» **Task brief**
In the listing below, find every line with the string "reads" and pull it out.

» **Entries shown**

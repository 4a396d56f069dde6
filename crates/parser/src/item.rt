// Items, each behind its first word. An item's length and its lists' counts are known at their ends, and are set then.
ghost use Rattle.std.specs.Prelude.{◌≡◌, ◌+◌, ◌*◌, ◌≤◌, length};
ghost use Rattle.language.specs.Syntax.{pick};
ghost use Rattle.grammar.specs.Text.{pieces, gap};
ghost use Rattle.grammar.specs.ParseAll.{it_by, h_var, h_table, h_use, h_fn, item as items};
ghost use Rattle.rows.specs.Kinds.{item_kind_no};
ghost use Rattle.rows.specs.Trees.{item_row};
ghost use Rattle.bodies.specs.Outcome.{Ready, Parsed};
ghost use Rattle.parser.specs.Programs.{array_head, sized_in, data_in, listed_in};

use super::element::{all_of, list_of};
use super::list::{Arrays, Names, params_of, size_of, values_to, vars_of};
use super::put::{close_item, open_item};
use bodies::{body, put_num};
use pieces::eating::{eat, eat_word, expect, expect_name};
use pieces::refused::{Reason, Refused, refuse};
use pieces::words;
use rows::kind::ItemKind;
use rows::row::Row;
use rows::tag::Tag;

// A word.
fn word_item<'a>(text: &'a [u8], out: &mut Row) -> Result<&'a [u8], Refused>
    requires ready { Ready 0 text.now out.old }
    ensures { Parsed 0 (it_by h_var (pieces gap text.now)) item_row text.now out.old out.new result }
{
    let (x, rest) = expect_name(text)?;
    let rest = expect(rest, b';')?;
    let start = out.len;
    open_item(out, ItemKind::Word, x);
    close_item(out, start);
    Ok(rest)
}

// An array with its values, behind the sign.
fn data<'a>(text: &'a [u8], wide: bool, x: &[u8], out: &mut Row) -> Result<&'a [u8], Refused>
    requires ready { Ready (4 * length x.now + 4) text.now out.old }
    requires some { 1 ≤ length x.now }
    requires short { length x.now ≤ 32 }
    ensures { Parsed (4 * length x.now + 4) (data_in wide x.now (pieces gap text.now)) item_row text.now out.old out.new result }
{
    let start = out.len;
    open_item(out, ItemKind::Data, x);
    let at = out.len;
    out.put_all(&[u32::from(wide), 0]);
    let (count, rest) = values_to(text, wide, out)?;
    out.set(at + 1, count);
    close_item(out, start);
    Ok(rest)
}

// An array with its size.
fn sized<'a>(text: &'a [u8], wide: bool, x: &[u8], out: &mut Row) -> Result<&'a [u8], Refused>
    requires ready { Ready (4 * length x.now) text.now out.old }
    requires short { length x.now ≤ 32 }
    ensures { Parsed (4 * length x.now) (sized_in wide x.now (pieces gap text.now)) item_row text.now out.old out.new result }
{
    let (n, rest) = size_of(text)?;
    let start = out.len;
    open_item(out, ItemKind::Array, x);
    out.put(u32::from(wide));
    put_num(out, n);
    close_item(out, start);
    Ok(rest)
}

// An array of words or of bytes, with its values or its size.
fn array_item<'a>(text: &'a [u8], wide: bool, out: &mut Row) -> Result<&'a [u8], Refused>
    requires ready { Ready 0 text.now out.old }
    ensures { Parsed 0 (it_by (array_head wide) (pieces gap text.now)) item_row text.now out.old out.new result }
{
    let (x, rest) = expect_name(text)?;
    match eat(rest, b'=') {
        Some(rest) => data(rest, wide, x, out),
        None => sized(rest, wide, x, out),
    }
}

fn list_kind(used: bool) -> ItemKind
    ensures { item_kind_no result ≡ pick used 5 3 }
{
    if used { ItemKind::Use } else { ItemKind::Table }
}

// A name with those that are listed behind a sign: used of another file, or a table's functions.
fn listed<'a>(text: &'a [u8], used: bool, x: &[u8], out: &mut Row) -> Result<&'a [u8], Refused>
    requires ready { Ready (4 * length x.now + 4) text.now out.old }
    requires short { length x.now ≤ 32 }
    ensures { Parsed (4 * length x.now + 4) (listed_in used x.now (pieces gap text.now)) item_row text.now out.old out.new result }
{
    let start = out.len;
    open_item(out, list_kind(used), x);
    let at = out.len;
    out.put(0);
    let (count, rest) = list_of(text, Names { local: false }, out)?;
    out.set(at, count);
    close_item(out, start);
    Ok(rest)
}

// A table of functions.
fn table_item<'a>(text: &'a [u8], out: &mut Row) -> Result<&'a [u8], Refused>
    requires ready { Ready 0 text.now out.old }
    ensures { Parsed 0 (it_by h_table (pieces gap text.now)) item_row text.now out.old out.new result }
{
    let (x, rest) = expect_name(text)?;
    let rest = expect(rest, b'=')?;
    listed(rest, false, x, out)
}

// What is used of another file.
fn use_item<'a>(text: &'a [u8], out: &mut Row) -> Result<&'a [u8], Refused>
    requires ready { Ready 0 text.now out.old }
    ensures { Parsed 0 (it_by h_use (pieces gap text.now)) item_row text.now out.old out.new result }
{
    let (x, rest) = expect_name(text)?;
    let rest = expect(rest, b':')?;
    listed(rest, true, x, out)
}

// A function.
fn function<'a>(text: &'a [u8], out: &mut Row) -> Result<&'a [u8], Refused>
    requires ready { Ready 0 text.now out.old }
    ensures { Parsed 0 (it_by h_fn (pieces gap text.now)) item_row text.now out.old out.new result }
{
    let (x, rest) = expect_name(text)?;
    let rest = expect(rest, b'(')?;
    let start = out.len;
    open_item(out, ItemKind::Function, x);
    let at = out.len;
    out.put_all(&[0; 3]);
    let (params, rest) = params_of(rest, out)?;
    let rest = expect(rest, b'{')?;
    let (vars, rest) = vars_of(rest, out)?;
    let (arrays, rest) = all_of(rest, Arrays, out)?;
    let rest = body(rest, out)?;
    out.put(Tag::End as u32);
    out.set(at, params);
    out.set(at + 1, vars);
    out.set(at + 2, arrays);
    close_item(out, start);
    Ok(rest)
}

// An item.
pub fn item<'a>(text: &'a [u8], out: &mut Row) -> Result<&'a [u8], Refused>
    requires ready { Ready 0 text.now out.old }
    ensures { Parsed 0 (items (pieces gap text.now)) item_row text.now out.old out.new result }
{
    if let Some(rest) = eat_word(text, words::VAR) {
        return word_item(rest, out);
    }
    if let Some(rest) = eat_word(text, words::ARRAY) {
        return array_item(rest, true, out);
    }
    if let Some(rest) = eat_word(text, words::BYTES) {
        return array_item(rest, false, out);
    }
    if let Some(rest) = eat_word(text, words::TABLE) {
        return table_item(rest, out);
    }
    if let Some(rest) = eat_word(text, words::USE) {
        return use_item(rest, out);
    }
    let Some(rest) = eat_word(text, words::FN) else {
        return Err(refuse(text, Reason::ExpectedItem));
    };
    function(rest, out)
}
--
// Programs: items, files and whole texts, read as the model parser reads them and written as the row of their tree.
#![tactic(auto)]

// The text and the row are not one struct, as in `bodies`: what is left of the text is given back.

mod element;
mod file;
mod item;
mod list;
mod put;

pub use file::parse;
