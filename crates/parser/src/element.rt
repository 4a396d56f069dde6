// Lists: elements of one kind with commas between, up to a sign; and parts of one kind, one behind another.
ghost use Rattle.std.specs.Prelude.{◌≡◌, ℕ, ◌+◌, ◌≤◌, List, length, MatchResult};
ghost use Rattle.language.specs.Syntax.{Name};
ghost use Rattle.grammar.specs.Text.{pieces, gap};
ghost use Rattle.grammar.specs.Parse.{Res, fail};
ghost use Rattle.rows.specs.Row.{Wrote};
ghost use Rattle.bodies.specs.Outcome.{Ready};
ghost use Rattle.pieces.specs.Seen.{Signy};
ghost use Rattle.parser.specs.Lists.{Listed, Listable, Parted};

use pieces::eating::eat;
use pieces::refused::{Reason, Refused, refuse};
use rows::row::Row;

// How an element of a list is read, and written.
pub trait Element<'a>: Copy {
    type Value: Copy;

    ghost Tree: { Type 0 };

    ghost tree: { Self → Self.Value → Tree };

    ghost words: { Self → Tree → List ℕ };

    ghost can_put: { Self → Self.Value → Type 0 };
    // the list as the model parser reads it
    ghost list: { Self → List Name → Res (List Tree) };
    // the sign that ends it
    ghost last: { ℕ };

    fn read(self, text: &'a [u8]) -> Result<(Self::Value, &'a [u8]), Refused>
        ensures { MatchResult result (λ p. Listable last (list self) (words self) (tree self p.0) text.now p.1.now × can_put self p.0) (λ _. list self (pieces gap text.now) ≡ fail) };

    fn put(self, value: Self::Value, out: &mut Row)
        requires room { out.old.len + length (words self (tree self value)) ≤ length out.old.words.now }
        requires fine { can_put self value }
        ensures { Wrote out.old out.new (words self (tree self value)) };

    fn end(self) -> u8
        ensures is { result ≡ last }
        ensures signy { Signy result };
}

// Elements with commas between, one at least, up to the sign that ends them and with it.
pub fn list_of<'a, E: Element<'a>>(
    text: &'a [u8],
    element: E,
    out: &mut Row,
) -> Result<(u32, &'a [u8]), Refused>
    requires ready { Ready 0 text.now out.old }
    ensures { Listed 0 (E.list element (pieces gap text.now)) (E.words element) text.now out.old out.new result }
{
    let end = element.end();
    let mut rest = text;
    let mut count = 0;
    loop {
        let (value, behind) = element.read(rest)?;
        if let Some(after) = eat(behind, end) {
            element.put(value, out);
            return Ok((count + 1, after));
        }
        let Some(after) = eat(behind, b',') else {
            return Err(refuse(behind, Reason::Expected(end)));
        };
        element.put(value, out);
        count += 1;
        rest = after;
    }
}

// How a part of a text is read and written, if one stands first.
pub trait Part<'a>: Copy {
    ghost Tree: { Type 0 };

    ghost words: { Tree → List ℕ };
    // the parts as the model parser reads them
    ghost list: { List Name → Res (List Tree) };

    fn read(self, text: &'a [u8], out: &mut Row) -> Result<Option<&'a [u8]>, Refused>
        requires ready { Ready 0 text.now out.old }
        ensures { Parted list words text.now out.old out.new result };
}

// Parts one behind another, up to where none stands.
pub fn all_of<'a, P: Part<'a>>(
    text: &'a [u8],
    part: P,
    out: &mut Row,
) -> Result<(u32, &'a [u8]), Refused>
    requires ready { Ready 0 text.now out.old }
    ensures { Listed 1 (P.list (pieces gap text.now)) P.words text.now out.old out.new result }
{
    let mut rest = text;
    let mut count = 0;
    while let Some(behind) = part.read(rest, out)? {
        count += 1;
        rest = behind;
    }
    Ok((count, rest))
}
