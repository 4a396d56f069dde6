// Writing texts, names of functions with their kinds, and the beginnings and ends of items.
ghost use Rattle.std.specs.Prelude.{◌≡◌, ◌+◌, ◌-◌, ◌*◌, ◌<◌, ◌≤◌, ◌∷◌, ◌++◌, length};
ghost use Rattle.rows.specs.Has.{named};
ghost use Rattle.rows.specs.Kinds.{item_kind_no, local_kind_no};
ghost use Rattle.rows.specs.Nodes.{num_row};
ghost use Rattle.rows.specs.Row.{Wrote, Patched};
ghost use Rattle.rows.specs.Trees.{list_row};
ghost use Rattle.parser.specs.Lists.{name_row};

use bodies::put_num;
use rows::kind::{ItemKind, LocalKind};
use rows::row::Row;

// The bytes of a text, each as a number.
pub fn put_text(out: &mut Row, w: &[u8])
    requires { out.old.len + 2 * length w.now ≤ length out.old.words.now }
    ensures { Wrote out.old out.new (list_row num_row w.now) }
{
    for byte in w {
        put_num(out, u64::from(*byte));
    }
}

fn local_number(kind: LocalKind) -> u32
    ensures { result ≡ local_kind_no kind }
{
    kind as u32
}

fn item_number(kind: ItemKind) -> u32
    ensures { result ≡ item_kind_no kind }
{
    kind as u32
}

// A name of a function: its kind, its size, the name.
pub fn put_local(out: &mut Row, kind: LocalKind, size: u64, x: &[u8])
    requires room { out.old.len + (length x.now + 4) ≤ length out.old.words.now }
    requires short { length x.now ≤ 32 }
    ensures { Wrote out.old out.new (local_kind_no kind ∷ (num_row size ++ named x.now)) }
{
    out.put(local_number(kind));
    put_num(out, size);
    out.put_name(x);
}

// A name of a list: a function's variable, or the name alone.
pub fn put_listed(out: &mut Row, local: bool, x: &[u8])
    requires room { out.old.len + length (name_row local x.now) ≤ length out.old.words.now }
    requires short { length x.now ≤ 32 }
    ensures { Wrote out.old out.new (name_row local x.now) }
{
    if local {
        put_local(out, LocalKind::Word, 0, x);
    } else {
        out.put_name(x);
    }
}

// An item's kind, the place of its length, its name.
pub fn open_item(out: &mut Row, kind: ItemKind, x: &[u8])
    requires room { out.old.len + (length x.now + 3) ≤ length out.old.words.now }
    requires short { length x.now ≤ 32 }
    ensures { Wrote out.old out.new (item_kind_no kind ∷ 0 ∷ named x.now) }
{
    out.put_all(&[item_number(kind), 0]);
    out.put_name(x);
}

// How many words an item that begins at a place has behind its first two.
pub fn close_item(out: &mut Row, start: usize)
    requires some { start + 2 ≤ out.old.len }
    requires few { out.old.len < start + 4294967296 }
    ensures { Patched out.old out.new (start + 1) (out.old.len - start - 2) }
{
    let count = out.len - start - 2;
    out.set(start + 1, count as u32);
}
* * *
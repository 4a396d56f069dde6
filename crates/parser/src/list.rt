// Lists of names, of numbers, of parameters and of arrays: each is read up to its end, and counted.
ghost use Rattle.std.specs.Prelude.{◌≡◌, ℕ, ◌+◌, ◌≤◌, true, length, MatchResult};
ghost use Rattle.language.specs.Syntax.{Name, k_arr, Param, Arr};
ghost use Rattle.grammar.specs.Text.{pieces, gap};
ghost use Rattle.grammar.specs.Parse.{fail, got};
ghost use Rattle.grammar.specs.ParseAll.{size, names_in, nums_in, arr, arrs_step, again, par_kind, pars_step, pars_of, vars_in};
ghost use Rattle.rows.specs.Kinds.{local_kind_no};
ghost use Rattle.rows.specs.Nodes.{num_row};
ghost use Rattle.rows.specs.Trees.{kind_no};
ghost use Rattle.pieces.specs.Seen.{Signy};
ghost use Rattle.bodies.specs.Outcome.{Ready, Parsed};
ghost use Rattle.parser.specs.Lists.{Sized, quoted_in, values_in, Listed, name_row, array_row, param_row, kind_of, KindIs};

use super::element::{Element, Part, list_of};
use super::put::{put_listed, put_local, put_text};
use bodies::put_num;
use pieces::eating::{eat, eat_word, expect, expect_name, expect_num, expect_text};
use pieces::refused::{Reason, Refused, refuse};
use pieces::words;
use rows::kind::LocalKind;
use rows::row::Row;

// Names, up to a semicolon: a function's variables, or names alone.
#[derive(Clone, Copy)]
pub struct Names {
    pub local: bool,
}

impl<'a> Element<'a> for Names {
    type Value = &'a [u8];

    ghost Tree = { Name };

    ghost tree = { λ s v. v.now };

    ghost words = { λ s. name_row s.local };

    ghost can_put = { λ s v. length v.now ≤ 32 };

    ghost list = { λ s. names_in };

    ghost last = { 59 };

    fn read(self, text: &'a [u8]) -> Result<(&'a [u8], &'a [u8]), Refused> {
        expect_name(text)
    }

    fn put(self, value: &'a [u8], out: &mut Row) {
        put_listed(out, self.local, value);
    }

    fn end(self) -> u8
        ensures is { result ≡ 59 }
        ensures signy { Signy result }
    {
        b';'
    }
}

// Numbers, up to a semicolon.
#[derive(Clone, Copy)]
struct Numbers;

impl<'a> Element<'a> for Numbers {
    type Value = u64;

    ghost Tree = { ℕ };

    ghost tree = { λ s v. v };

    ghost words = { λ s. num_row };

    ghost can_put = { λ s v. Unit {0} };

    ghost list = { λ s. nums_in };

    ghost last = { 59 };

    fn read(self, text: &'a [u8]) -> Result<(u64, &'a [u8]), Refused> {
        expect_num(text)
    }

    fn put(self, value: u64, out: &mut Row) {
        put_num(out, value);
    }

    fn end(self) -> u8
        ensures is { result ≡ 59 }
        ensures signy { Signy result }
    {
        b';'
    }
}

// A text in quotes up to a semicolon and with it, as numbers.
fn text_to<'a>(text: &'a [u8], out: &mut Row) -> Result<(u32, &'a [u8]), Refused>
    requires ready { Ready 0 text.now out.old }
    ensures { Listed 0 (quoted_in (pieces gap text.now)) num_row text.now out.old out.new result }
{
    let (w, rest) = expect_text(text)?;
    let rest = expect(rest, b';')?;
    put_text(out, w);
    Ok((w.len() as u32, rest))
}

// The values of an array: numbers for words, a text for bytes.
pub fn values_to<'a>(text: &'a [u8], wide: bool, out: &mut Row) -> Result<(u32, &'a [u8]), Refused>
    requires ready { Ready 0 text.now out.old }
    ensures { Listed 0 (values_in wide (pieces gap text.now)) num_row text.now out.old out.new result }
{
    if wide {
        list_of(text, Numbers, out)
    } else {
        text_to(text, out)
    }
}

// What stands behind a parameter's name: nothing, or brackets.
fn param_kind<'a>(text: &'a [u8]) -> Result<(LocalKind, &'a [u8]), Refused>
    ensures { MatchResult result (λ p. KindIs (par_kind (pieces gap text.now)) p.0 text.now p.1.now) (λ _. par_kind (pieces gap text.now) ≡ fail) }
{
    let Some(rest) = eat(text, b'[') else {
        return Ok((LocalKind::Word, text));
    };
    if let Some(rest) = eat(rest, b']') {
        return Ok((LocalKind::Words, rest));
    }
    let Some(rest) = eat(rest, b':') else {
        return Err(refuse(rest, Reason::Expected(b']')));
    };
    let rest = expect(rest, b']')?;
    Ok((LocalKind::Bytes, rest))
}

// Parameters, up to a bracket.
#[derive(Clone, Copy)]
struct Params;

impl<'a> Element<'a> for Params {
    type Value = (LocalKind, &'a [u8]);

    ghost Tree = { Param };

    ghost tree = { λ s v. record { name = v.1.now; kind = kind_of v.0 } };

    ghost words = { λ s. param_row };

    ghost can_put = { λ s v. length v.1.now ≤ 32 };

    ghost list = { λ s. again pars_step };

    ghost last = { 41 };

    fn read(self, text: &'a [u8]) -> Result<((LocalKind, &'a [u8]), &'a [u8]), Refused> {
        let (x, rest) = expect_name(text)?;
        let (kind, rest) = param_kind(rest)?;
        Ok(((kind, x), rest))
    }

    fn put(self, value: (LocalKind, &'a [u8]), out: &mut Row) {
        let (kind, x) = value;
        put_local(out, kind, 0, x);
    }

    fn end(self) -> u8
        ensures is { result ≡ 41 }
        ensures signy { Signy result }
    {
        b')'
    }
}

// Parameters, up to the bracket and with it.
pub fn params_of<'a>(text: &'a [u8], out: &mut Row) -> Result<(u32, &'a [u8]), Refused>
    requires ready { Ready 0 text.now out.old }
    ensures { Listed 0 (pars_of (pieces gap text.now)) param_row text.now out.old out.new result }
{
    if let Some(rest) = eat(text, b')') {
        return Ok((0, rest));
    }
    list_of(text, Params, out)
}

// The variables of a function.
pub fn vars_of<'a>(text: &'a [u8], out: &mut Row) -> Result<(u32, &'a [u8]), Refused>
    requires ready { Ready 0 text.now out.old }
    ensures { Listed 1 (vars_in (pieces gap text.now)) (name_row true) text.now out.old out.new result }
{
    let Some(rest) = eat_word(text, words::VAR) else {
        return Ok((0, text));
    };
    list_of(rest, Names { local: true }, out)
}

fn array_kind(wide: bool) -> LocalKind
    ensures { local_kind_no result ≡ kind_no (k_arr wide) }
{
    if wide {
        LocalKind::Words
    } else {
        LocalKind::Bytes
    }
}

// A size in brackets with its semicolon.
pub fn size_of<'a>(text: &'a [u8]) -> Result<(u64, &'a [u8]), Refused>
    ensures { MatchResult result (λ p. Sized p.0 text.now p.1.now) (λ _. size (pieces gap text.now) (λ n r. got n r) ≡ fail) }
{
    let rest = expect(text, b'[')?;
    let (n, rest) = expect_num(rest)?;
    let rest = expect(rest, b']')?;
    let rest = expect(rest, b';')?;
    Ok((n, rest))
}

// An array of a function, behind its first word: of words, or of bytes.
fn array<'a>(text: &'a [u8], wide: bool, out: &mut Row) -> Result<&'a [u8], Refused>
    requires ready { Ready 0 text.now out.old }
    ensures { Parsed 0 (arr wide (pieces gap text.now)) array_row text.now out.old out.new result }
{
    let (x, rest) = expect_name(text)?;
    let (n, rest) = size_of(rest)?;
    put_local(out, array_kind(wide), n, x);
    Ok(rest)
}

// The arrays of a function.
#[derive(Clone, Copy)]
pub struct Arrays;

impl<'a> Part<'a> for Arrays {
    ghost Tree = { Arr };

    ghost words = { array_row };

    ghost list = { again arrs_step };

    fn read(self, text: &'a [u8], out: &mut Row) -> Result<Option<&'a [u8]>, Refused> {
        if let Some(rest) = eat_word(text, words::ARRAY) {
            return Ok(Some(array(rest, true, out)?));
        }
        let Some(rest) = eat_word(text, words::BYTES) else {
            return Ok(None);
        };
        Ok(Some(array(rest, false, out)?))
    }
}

» **Exercise output**
// Programs: items, files and whole texts, read as the model parser reads them and written as the row of their tree.
    // the list as the model parser reads it
    // the parts as the model parser reads them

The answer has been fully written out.